David Chan, a Manchester United soccer fan in Hong Kong, says Hutchison Whampoa Ltd's (和記黃埔) new mobile-phone service doesn't let him track the team's latest goals as closely as he'd like.
"I can barely see the ball," said Chan, a 33-year-old computer engineer who downloads video clips of Manchester United games to his handset.
PHOTO: EPA
Other gripes: The phone's battery dies so quickly that he has to carry a spare, Chan said, and switching from the new video-enabled network to the more widely available older network can take more than a minute.
Hong Kong is the seventh market in Hutchison's US$22 billion bet that so-called third-generation (3G) mobile services can make money -- a strategy that hasn't paid off yet in countries such as the UK and Italy. Less than a month after introducing its "3" mobile service in Hong Kong in January, Hutchison cut prices by as much as a third to spur sales.
"It's still too soon for 3G technology," said Paul Chan, a fund manager at Invesco Asia Ltd in Hong Kong. "I'm not betting it will do better in Hong Kong than in Europe. You'd have to believe in a bit of magic."
Hong Kong-based Hutchison, headed by billionaire chairman Li Ka-shing (
The service lets users watch video clips, play games and view Web sites that are downloaded over an Internet connection seven times faster than older mobile networks offer.
Hutchison's third-generation mobile services worldwide posted a HK$3.9 billion (US$500.5 million) loss before tax and interest in the first half of last year because of fewer European subscribers than expected and startup and marketing costs.
The loss may widen to HK$12 billion for the full year and climb to HK$13 billion this year and next, said Danie Schutte, a telecom analyst at CLSA Ltd in Hong Kong.
Li said a year ago he aimed to sign up 1 million high-speed mobile users in both the UK and Italy last year. Combined users in the two markets totaled just 560,000 by year-end after technical glitches caused Motorola Inc and NEC Corp to delay shipping handsets that carry the service.
Poor video quality, difficulty connecting to other networks and short battery life -- phones lose power after about an hour of video downloads -- may deter users from the 3 service in Hong Kong, said Chay Kai Kong, an analyst at Pioneer Investments.
Arun Sarin, chief executive of Vodafone Group Plc, said on Feb. 24 that current 3G services are "unacceptable." The world's No. 1 cellular company plans to introduce the service in the second half of this year.
Services available to 3 users in Hong Kong include movie trailers, local television news and soccer match highlights with a delay of about an hour, adult photos supplied by Playboy Enterprises Inc and video conferencing.

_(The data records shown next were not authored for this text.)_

//! Each call once with ample memory, and each edge against the real system.

use fb_files::{
    DiskFiles, Files, LoadError, MemoryFiles, MemorySink, Sink, StdoutSink, WriteError,
};
use std::alloc::{AllocError, Global};
use std::fs;
use std::test::Fail;

fn is_answer(answer: &Result<Vec<u8>, LoadError>, wanted: Result<&[u8], LoadError>) -> bool {
    match (answer, wanted) {
        (Ok(bytes), Ok(wanted)) => bytes.as_slice() == wanted,
        (Err(error), Err(wanted)) => *error == wanted,
        _ => false,
    }
}

// Two files with one name, and one with another.
fn three_files(alloc: Global) -> Result<Vec<(String, Vec<u8>)>, AllocError> {
    let mut files = Vec::new(alloc);
    for (name, bytes) in [("a", "first"), ("a", "second"), ("b", "")] {
        files.push((
            String::from_str(alloc, name)?,
            Vec::from_slice(alloc, bytes.as_bytes())?,
        ))?;
    }
    Ok(files)
}

fn write_twice<F: Files>(files: &mut F, name: &str, piece: &[u8]) -> Result<(), WriteError> {
    files.create(name)?;
    files.append(piece)?;
    files.append(piece)
}

#[test]
fn memory_files_are_loaded(rt: HostRuntime) -> Result<(), Fail> {
    let alloc = rt.alloc();
    let mut files = MemoryFiles::new(alloc, three_files(alloc)?, Vec::new(alloc))?;
    let loads = [
        ("a", 5, Ok(b"first".as_slice()), 0),
        ("a", 4, Err(LoadError::TooLong), 0),
        ("b", 0, Ok(b"".as_slice()), 0),
        ("c", 5, Err(LoadError::Failed), 1),
    ];
    for (name, limit, wanted, faults) in loads {
        assert!(rt;
            is_answer(&files.load(alloc, name, limit), wanted),
            "{name} {limit}"
        );
        assert_eq!(rt; files.faults(), faults);
    }
    assert_eq!(rt; files.asked().len(), 4);
    Ok(())
}

#[test]
fn memory_files_fail_as_planned(rt: HostRuntime) -> Result<(), Fail> {
    let alloc = rt.alloc();
    let cases = [
        (1, true, Ok(()), "xx"),
        (2, false, Err(WriteError::Failed), "first"),
        (3, false, Err(WriteError::Failed), ""),
        (4, false, Err(WriteError::Failed), "x"),
    ];
    for (number, load_fails, written, held) in cases {
        let fails = vec![in alloc; number]?;
        let mut files = MemoryFiles::new(alloc, three_files(alloc)?, fails)?;
        assert_eq!(rt; files.load(alloc, "a", 5).is_err(), load_fails);
        assert_eq!(rt; write_twice(&mut files, "a", b"x"), written);
        assert!(rt;
            files
                .content("a")
                .is_some_and(|bytes| bytes == held.as_bytes()),
            "{number}"
        );
        assert_eq!(rt; files.faults(), 1);
    }
    Ok(())
}

/// Appends that fail as the third call, with how many of their bytes they add, and what is held then.
const PARTS: &[(&[(u64, u64)], &str)] = &[
    (&[(3, 0)], ""),
    (&[(3, 2)], "xy"),
    (&[(3, 2), (3, 1)], "xy"),
    (&[(4, 1), (3, u64::MAX)], "xyz"),
    (&[(4, 1)], "xyzx"),
];

#[test]
fn a_failing_append_adds_a_part(rt: HostRuntime) -> Result<(), Fail> {
    let alloc = rt.alloc();
    for (fails, held) in PARTS {
        let fails = Vec::from_slice(alloc, fails)?;
        let mut files = MemoryFiles::new_partial(alloc, three_files(alloc)?, fails)?;
        assert!(rt; files.load(alloc, "a", 5).is_ok());
        assert_eq!(rt;
            write_twice(&mut files, "a", b"xyz"),
            Err(WriteError::Failed)
        );
        assert!(rt;
            files
                .content("a")
                .is_some_and(|bytes| bytes == held.as_bytes()),
            "{held}"
        );
        assert_eq!(rt; files.faults(), 1);
    }
    Ok(())
}

#[test]
fn memory_sink_fails_as_planned(rt: HostRuntime) -> Result<(), Fail> {
    let mut sink = MemorySink::new(rt.alloc(), vec![in rt.alloc(); 2]?)?;
    for (bytes, answer) in [("a", Ok(())), ("b", Err(WriteError::Failed)), ("c", Ok(()))] {
        assert_eq!(rt; sink.put(bytes.as_bytes()), answer);
    }
    assert_eq!(rt; sink.sent(), b"ac".as_slice());
    assert_eq!(rt; sink.faults(), 1);
    Ok(())
}

#[test]
fn disk_files_are_written_and_loaded(rt: HostRuntime) -> Result<(), Fail> {
    let alloc = rt.alloc();
    let piece = vec![in alloc; b'x'; 6000]?;
    let whole = vec![in alloc; b'x'; 12_000]?;
    let mut files = DiskFiles::new(alloc, &rt);
    assert_eq!(rt; write_twice(&mut files, "held", &piece), Ok(()));
    let loads = [
        ("held", 12_000, Ok(whole.as_slice()), 0),
        ("held", 11_999, Err(LoadError::TooLong), 0),
        ("held", u64::MAX, Ok(whole.as_slice()), 0),
        ("missing", 12_000, Err(LoadError::Failed), 1),
    ];
    for (name, limit, wanted, faults) in loads {
        assert!(rt;
            is_answer(&files.load(alloc, name, limit), wanted),
            "{name} {limit}"
        );
        assert_eq!(rt; files.faults(), faults);
    }
    assert_eq!(rt; files.create("missing/held"), Err(WriteError::Failed));
    assert_eq!(rt; write_twice(&mut files, "held", b""), Ok(()));
    assert!(rt; is_answer(&files.load(alloc, "held", 0), Ok(b"".as_slice())));
    assert_eq!(rt; files.faults(), 2);
    fs::remove_file(&rt, "held")?;
    Ok(())
}

#[test]
fn stdout_takes_bytes(rt: HostRuntime) {
    let mut sink = StdoutSink::new(&rt);
    assert_eq!(rt; sink.put(b"sent\n"), Ok(()));
    assert_eq!(rt; sink.faults(), 0);
}
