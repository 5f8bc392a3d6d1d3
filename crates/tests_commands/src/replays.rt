//! Replays over files in memory: their words, and each way in which one ends.
use crate::running::{BEFORE, Done, carried_out, is_usage};
use crate::texts::{CART, CART_TEST, PRICE, RETRY, RETRY_TEST};
use std::alloc::{AllocError, Global};
use std::test::Fail;

/// A method that calls another from two places.
const TWICE: &[u8] =
    b"service price { method get(id: int) -> int { return id * 10; } } service cart { method total(id: int) -> int { let p = 0; call p = price.get(id) on any { p = 1; } call p = price.get(id) on any { p = 2; } return p; } }";

const STRICT_TEST: &[u8] = b"test cart { let r = 0; call r = cart.total(2); assert r == 20; }";

const FAULT_TEST: &[u8] = b"test one { assert 1 / 0 == 1; }";

/// Services, a test and a plan: the exit code, and what is told.
const REPLAYED: &[(&[u8], &[u8], &str, u8, &str)] = &[
    (
        CART,
        CART_TEST,
        "1.1/1.1=timeout",
        0,
        "1.1 cart.total ok 5\n1.1/1.1 price.get fault timeout\noutcome passed\n",
    ),
    (
        CART,
        CART_TEST,
        "none",
        0,
        "1.1 cart.total ok 20\n1.1/1.1 price.get ok 20\noutcome passed\n",
    ),
    (
        CART,
        CART_TEST,
        "1.1/1.1=ok:7",
        0,
        "1.1 cart.total ok 7\n1.1/1.1 price.get fault ok 7\noutcome passed\n",
    ),
    (
        TWICE,
        CART_TEST,
        "1.1/1.1=timeout,1.1/2.1=timeout",
        0,
        "1.1 cart.total ok 2\n1.1/1.1 price.get fault timeout\n1.1/2.1 price.get fault timeout\noutcome passed\n",
    ),
    (
        CART,
        STRICT_TEST,
        "1.1/1.1=timeout",
        1,
        "1.1 cart.total ok 5\n1.1/1.1 price.get fault timeout\noutcome assert_failed 1\n",
    ),
    (
        RETRY,
        RETRY_TEST,
        "1.1/1.1=unavailable,1.1/1.2=unavailable",
        1,
        "1.1 shop.buy err unavailable\n1.1/1.1 price.get fault unavailable\n1.1/1.2 price.get fault unavailable\noutcome call_failed 1 unavailable\n",
    ),
    (PRICE, FAULT_TEST, "none", 1, "outcome fault 1\n"),
    (PRICE, b"test none { }", "none", 0, "outcome passed\n"),
];

/// Services, a test and a plan of which this fault isn't met.
const NOT_MET: &[(&[u8], &[u8], &str, &str)] = &[
    (
        RETRY,
        RETRY_TEST,
        "1.1/1.2=unavailable",
        "not met 1.1/1.2\n",
    ),
    // A value of another kind than the callee gives.
    (CART, CART_TEST, "1.1/1.1=ok:true", "not met 1.1/1.1\n"),
    // The second of two faults, and the first.
    (
        CART,
        CART_TEST,
        "1.1/1.1=timeout,1.1/1.2=timeout",
        "not met 1.1/1.2\n",
    ),
    (
        CART,
        CART_TEST,
        "1.1/1.2=timeout,1.1/1.1=timeout",
        "not met 1.1/1.2\n",
    ),
    // The test's own call.
    (CART, CART_TEST, "1.1=timeout", "not met 1.1\n"),
    // Both are met, in the other order.
    (
        TWICE,
        CART_TEST,
        "1.1/2.1=timeout,1.1/1.1=timeout",
        "not met 1.1/2.1\n",
    ),
    // The callee of an injected call isn't run.
    (
        CART,
        CART_TEST,
        "1.1/1.1=timeout,1.1/1.1/1.1=timeout",
        "not met 1.1/1.1/1.1\n",
    ),
];

/// Replays a plan of these sources.
fn replayed(alloc: Global, sources: &[&[u8]], plan: &str) -> Result<Done, AllocError> {
    let words = [
        "replay",
        "--services",
        "s.fb",
        "--test",
        "t.fb",
        "--plan",
        plan,
    ];
    carried_out(alloc, &[&words], sources, &[], false)
}

#[test]
fn the_run_of_a_met_plan_is_printed(rt: HostRuntime) -> Result<(), Fail> {
    for (services, test, plan, code, text) in REPLAYED {
        let done = replayed(rt.alloc(), &[*services, *test], plan)?;
        assert!(rt; done.tells(*code, text) && done.leaves(&[BEFORE]), "{plan}");
        assert_eq!(rt; done.loads, 2);
    }
    Ok(())
}

#[test]
fn the_first_fault_that_is_not_met_is_told(rt: HostRuntime) -> Result<(), Fail> {
    for (services, test, plan, text) in NOT_MET {
        let done = replayed(rt.alloc(), &[*services, *test], plan)?;
        assert!(rt; done.tells(10, text) && done.leaves(&[BEFORE]), "{plan}");
        assert_eq!(rt; done.loads, 2);
    }
    Ok(())
}

/// Texts that are no plan's, and what is told.
const NO_PLANS: &[(&str, &str)] = &[
    ("1.1", "refused plan BadPlan 3\n"),
    ("1.1/1.1=ok:07", "refused plan BadPlan 11\n"),
    ("", "refused plan BadPlan 0\n"),
];

// It is refused before any load.
fn is_no_plan(alloc: Global, plan: &str, text: &str) -> Result<bool, AllocError> {
    let done = replayed(alloc, &[], plan)?;
    Ok(done.tells(3, text) && done.leaves(&[BEFORE]) && done.loads == 0)
}

#[test]
fn a_text_that_is_no_plan_is_refused(rt: HostRuntime) -> Result<(), Fail> {
    for (plan, text) in NO_PLANS {
        assert!(rt; is_no_plan(rt.alloc(), plan, text)?, "{plan}");
    }
    let mut plan = "1".repeat(rt.alloc(), 65_536)?;
    assert!(rt; is_no_plan(rt.alloc(), &plan, "refused plan BadPlan 10\n")?);
    plan.push('1')?;
    assert!(rt; is_no_plan(rt.alloc(), &plan, "refused plan TooLong\n")?);
    Ok(())
}

const PASSED: &str = "1.1 cart.total ok 5\n1.1/1.1 price.get fault timeout\noutcome passed\n";

/// Options of the fuel, for a run that takes seven units: the exit code, and what is told.
const FUELS: &[(&str, u8, &str)] = &[
    ("--fuel=7", 0, PASSED),
    ("--fuel=007", 0, PASSED),
    ("--fuel=1000000", 0, PASSED),
    ("--fuel=6", 6, "fuel spent at 1.1/1.1=timeout\n"),
    ("--fuel=1", 6, "fuel spent at 1.1/1.1=timeout\n"),
];

#[test]
fn a_run_ends_within_its_fuel_or_is_spent(rt: HostRuntime) -> Result<(), Fail> {
    for (fuel, code, text) in FUELS {
        let words: [&[&str]; 3] = [
            &["replay", fuel, "--plan=1.1/1.1=timeout"],
            &["--test", "t.fb"],
            &["--services=s.fb"],
        ];
        let done = carried_out(rt.alloc(), &words, &[CART, CART_TEST], &[], false)?;
        assert!(rt; done.tells(*code, text), "{fuel}");
    }
    Ok(())
}

/// Words that say no replay.
const NO_REPLAYS: &[&[&str]] = &[
    &["replay"],
    &["replay", "--services=s.fb", "--test=t.fb"],
    &["replay", "--services=s.fb", "--plan=none"],
    &["replay", "--test=t.fb", "--plan=none"],
    &["replay", "--services=s.fb", "--test=t.fb", "--plan"],
    &[
        "replay",
        "--services=s.fb",
        "--test=t.fb",
        "--plan=none",
        "--plan=none",
    ],
    &[
        "replay",
        "--services=s.fb",
        "--test=t.fb",
        "--plan=none",
        "--report=r.jsonl",
    ],
    &[
        "replay",
        "--services=s.fb",
        "--test=t.fb",
        "--plan=none",
        "none",
    ],
    &[
        "replay",
        "--services=s.fb",
        "--test=t.fb",
        "--plan=none",
        "--help",
    ],
    &["replay", "-h"],
    &[
        "replay",
        "--services=s.fb",
        "--test=t.fb",
        "--plan=none",
        "--fuel",
    ],
    &[
        "replay",
        "--services=s.fb",
        "--test=t.fb",
        "--plan=none",
        "--fuel=7",
        "--fuel=7",
    ],
    &[
        "replay",
        "--services=s.fb",
        "--test=t.fb",
        "--plan=none",
        "--fuel=",
    ],
    &["Replay", "--services=s.fb", "--test=t.fb", "--plan=none"],
    &[
        "replay",
        "--services=s.fb",
        "--test=t.fb",
        "--plan=none",
        "--faults=f.toml",
    ],
    &[
        "replay",
        "--services=s.fb",
        "--test=t.fb",
        "--plan=none",
        "--no-reduction",
    ],
];

/// Numbers that are no units of fuel.
const NO_FUELS: &[&str] = &[
    "0",
    "000",
    "1000001",
    "+5",
    " 5",
    "5 ",
    "0x5",
    "1000000000000000000000000000000000000000",
];

#[test]
fn words_that_are_no_replay_are_refused(rt: HostRuntime) -> Result<(), Fail> {
    for words in NO_REPLAYS {
        assert!(rt; is_usage(rt.alloc(), &[*words])?);
    }
    for fuel in NO_FUELS {
        let words = [
            "replay",
            "--services=s.fb",
            "--test=t.fb",
            "--plan=none",
            "--fuel",
            fuel,
        ];
        assert!(rt; is_usage(rt.alloc(), &[&words])?, "{fuel}");
    }
    Ok(())
}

Some users say shortcomings such as limited Internet access don't justify switching to the 3 service from existing mobile networks.
Web-connected mobile phones on existing networks -- known as 2.5G phones -- let users surf the Internet without restrictions, while Hutchison's 3G service limits users to a choice of 12 to 15 Web sites, television channels and other content providers. Users pay for each download beyond what's covered in their monthly subscription package.
"I'm locked out a lot of content because I can only get access to what Hutchison makes available," said Schutte, who subscribes to Hutchison's 3 service.
Three weeks after the 3 service's Jan. 27 debut in Hong Kong, Hutchison slashed the lowest monthly subscription rate by a third and cut the price of new handsets to less than some phones that run on rivals' slower networks. The cheapest monthly package now costs HK$183, 10 percent less than the average Hong Kong mobile-phone subscription.
"The first six months will be tough," Chay said. "To build a critical mass will take at least two years."
Japan's NTT DoCoMo Inc, which became the world's first phone company to provide 3G wireless services in October 2001, has succeeded after a slow start. Japan's biggest mobile-phone company took almost two years to sign up 1 million customers to its so-called FOMA service.
Other mobile-phone companies have delayed entering the market for high-speed services.
Deutsche Telekom AG and France Telecom SA, which led an industry-wide investment of more than US$100 billion in third-generation permits in Europe since 2000, have delayed introducing the service. Dutch carrier Royal KPN NV, the No. 3 operator in Germany, said it plans to start its 3G service there in the second half of this year.